Government guidelines recommend adults get 150 minutes of moderate to intense exercise a week. It’s good for our body and mind. But much like the sleep component of ideal healthy living, sometimes it is nearly impossible to hit that goal every week. It’s hard to move when you’re on bedside watch while your child is in the hospital. It’s hard to move when you’re in the car for hours going to and from specialists. It’s hard to move when you use your break at work to attend your child’s IEP meeting.
Much like sleep, we can try to fit in activity whenever possible. The first key is to dress for it. Activewear is totally acceptable attire for almost anywhere. Invest in some clothes that allow you to move in between appointments. Wear shoes that you can walk comfortably in. Consider clothing that is comfortable enough for you to do chair dips, wall squats, standing push ups, and a few dashes up and down the stairs.
For some of us, exercise is a necessity in a caregiving. We have to do literal heavy lifting every day. We have loved ones whose elopement tendencies require speed and endurance. It is critical that we MAKE time every day so we can improve our strength and fitness. If you haven’t already, you might want to consult with a doctor and/or physical therapist on the best approach to build fitness as you age. Find a medical professional who truly understands your life long role as a caregiver – because our situation is unique. Create a plan that works for you. Maybe even splurge on a few personal training sessions so you can learn proper techniques that will help you build strength as your child gets bigger and you grow older.
DRINK TO YOUR HEALTH
Water is essential to living. Our bodies utilize it for almost every function they perform. It is the only thing we truly “need” to drink. Avoid soft drinks and juice, it is essentially swallowing sugar in liquid form. Any vitamins juice might offer is nullified by how much sugar it dumps into your system. If you want nutrition, eat oranges and apples, don’t drink them.
Coffee and tea offer many health benefits; but if you add sugar, you might be doing more harm than good.
BEWARE OF BOOZE
A glass of wine a couple nights a week is touted as “good for you.” But those health claims are unsubstantiated. Besides, does anyone really stick to a single 5 ounce serving of wine? If you find yourself reaching for a jumbo glass of wine after a tough day (what day isn’t tough), you might want to check yourself.
If you are questioning your alcohol consumption – try a “Dry January.” How your mind and body handle a month of sobriety might tell you a lot about your relationship with booze and whether you need to moderate or abstain completely.
Don’t fall into the commercialized self care trap. Going to get a pedicure is a costly luxury. Cutting your toenails is self care. Soaking in a tub by candlelight is a luxury. Taking a shower is self care. Getting an aromatherapy massage is a luxury. Stretching our your muscles for 10 minutes is self care.
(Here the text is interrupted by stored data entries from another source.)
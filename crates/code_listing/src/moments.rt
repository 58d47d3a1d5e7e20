//! The lines of a cycle's moments.

ghost use Rattle.std.specs.Prelude.{◌≡◌, ◌<◌, ◌≤◌, ◌^◌, ◌++◌, length, slice_index_or, []};
ghost use Rattle.std.specs.List.{flat_map};
ghost use Rattle.tester_types.specs.Outside.{Prints};
ghost use Rattle.packed_code.specs.Walk.{IsOf};
ghost use Rattle.edge_gen.specs.Signals.{no_skews};
ghost use Rattle.code_listing.specs.Listing.{listed};
ghost use Rattle.code_listing.specs.Lines.{Lists, IsFor};
ghost use Rattle.code_listing.specs.Text.{names_of, push_words, look_words, act_words, instant_words, acts_words};
ghost use Rattle.code_listing.specs.Text.{moment_line, head_line, moments_head, moments_text};

use crate::fault::ListFault;
use edge_gen::schedule;
use packed_code::Code;
use std::alloc::Global;
use tester_types::{
    Cycle, Look, Moment, Piece, Push, Sink, SinkFault, look_letter, push_letter, put_all, put_each,
};

/// The name of a signal, empty where there is none.
fn name_at(code: &Code, signal: u16) -> &[u8]
    ensures { result.now ≡ slice_index_or (names_of code.now) signal [] }
{
    if signal < code.signals() {
        code.signal_name(signal)
    } else {
        b""
    }
}

/// Puts a drive.
fn put_push<K: Sink>(sink: &mut K, code: &Code, signal: u16, push: Push) -> Result<(), SinkFault>
    ensures { Prints (K.told sink.old) (K.faults sink.old) (push_words (names_of code.now) (signal, push)) result
        (K.told sink.new) (K.faults sink.new) }
{
    put_act(sink, name_at(code, signal), b"=", push_letter(push))
}

/// Puts drives.
fn put_pushes<K: Sink>(sink: &mut K, code: &Code, drives: &[(u16, Push)]) -> Result<(), SinkFault>
    ensures { Prints (K.told sink.old) (K.faults sink.old)
        (flat_map (push_words (names_of code.now)) drives.now) result (K.told sink.new) (K.faults sink.new) }
{
    for (signal, push) in drives {
        put_push(sink, code, *signal, *push)?;
    }
    Ok(())
}

/// Puts a look.
fn put_look<K: Sink>(sink: &mut K, code: &Code, signal: u16, look: Look) -> Result<(), SinkFault>
    ensures { Prints (K.told sink.old) (K.faults sink.old) (look_words (names_of code.now) (signal, look)) result
        (K.told sink.new) (K.faults sink.new) }
{
    put_act(sink, name_at(code, signal), b"?", look_letter(look))
}

/// Puts looks.
fn put_looks<K: Sink>(sink: &mut K, code: &Code, looks: &[(u16, Look)]) -> Result<(), SinkFault>
    ensures { Prints (K.told sink.old) (K.faults sink.old)
        (flat_map (look_words (names_of code.now)) looks.now) result (K.told sink.new) (K.faults sink.new) }
{
    for (signal, look) in looks {
        put_look(sink, code, *signal, *look)?;
    }
    Ok(())
}

/// Puts an act of a signal, with the sign that stands between.
fn put_act<'a, K: Sink>(
    sink: &mut K,
    name: &'a [u8],
    sign: &'a [u8],
    letter: &'a [u8],
) -> Result<(), SinkFault>
    ensures { Prints (K.told sink.old) (K.faults sink.old) (act_words name.now sign.now letter.now) result
        (K.told sink.new) (K.faults sink.new) }
{
    let words = [
        Piece::Text(b" "),
        Piece::Name(name),
        Piece::Text(sign),
        Piece::Text(letter),
    ];
    put_each(sink, &words)
}

/// Puts the instant of a moment.
fn put_instant<K: Sink>(sink: &mut K, at: u128) -> Result<(), SinkFault>
    ensures { Prints (K.told sink.old) (K.faults sink.old) (instant_words at) result
        (K.told sink.new) (K.faults sink.new) }
{
    put_each(sink, &[Piece::Text(b"at "), Piece::Number(at)])
}

/// Puts the acts of a moment, and ends its line.
fn put_acts<K: Sink>(sink: &mut K, code: &Code, moment: &Moment) -> Result<(), SinkFault>
    ensures { Prints (K.told sink.old) (K.faults sink.old) (acts_words (names_of code.now) moment.now) result
        (K.told sink.new) (K.faults sink.new) }
{
    put_pushes(sink, code, moment.drives.as_slice())?;
    put_looks(sink, code, moment.looks.as_slice())?;
    put_all(sink, b"\n")
}

/// Puts the line of a moment.
fn put_moment<K: Sink>(sink: &mut K, code: &Code, moment: &Moment) -> Result<(), SinkFault>
    ensures { Prints (K.told sink.old) (K.faults sink.old) (moment_line (names_of code.now) moment.now) result
        (K.told sink.new) (K.faults sink.new) }
{
    put_instant(sink, moment.at)?;
    put_acts(sink, code, moment)
}

/// Puts the lines of moments.
fn put_all_moments<K: Sink>(sink: &mut K, code: &Code, moments: &[Moment]) -> Result<(), SinkFault>
    ensures { Prints (K.told sink.old) (K.faults sink.old)
        (flat_map (moment_line (names_of code.now)) moments.now) result (K.told sink.new) (K.faults sink.new) }
{
    for moment in moments {
        put_moment(sink, code, moment)?;
    }
    Ok(())
}

/// Puts the line with which a numbered cycle begins.
fn put_head<K: Sink>(sink: &mut K, code: &Code, number: u64, cycle: &Cycle) -> Result<(), SinkFault>
    requires of { IsOf code.now cycle.now.table cycle.now.row }
    ensures { Prints (K.told sink.old) (K.faults sink.old)
        (moments_head (listed code.now (number, cycle.now))) result (K.told sink.new) (K.faults sink.new) }
{
    let table = code.table(cycle.table).name.as_slice();
    put_head_line(sink, number, cycle.start, table)
}

/// Puts that line with the name of the cycle's table.
fn put_head_line<K: Sink>(
    sink: &mut K,
    number: u64,
    start: u128,
    table: &[u8],
) -> Result<(), SinkFault>
    ensures { Prints (K.told sink.old) (K.faults sink.old) (head_line number start table.now) result
        (K.told sink.new) (K.faults sink.new) }
{
    let line = [
        Piece::Text(b"cycle "),
        Piece::Number(u128::from(number)),
        Piece::Text(b" "),
        Piece::Number(start),
        Piece::Text(b" "),
        Piece::Name(table),
        Piece::Text(b"\n"),
    ];
    put_each(sink, &line)
}

/// Puts a numbered cycle with its moments.
fn put_timed<K: Sink>(
    sink: &mut K,
    code: &Code,
    number: u64,
    cycle: &Cycle,
    moments: &[Moment],
) -> Result<(), SinkFault>
    requires of { IsOf code.now cycle.now.table cycle.now.row }
    ensures { Prints (K.told sink.old) (K.faults sink.old)
        (moments_head (listed code.now (number, cycle.now)) ++ flat_map (moment_line (names_of code.now)) moments.now)
        result (K.told sink.new) (K.faults sink.new) }
{
    put_head(sink, code, number, cycle)?;
    put_all_moments(sink, code, moments)
}

/// Puts a numbered cycle with the moments that it has without skews, once there is memory for them.
pub(crate) fn put_moments<K: Sink>(
    alloc: Global,
    sink: &mut K,
    code: &Code,
    number: u64,
    cycle: &Cycle,
    skews: &[i64],
) -> Result<(), ListFault>
    requires of { IsOf code.now cycle.now.table cycle.now.row }
    requires early { cycle.now.start < 2 ^ 88 }
    requires skews { skews.now ≡ no_skews (length code.now.signals) }
    ensures lists { Lists (K.told sink.old) (moments_text (names_of code.now) (listed code.now (number, cycle.now)))
        result (K.told sink.new) }
    ensures count { K.faults sink.old ≤ K.faults sink.new }
    ensures cause { IsFor (K.faults sink.old) (K.faults sink.new) result }
{
    let _conditions = code.signals();
    let table = code.table(cycle.table);
    let row = code.row(cycle.row);
    let moments = schedule(alloc, table, row, cycle.start, skews)?;
    put_timed(sink, code, number, cycle, moments.as_slice())?;
    Ok(())
}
A girls weekend away is a luxury. Meeting a friend for coffee is self care.
Not everything we do for ourself needs to be worthy of a glamorous social media post. Marketing departments have jumped on the self care bandwagon and made it “treat yourself” phenomena that makes them a lot of money.
Self care is simple. It’s doing what needs to be done so you can be your best self. Our best selves do not need to be svelte, manicured, and impeccably dressed with glowing skin. Depending on the day, our best self might be someone who managed to brush their teeth and trade in their pajamas for sweat pants and that’s more than OK.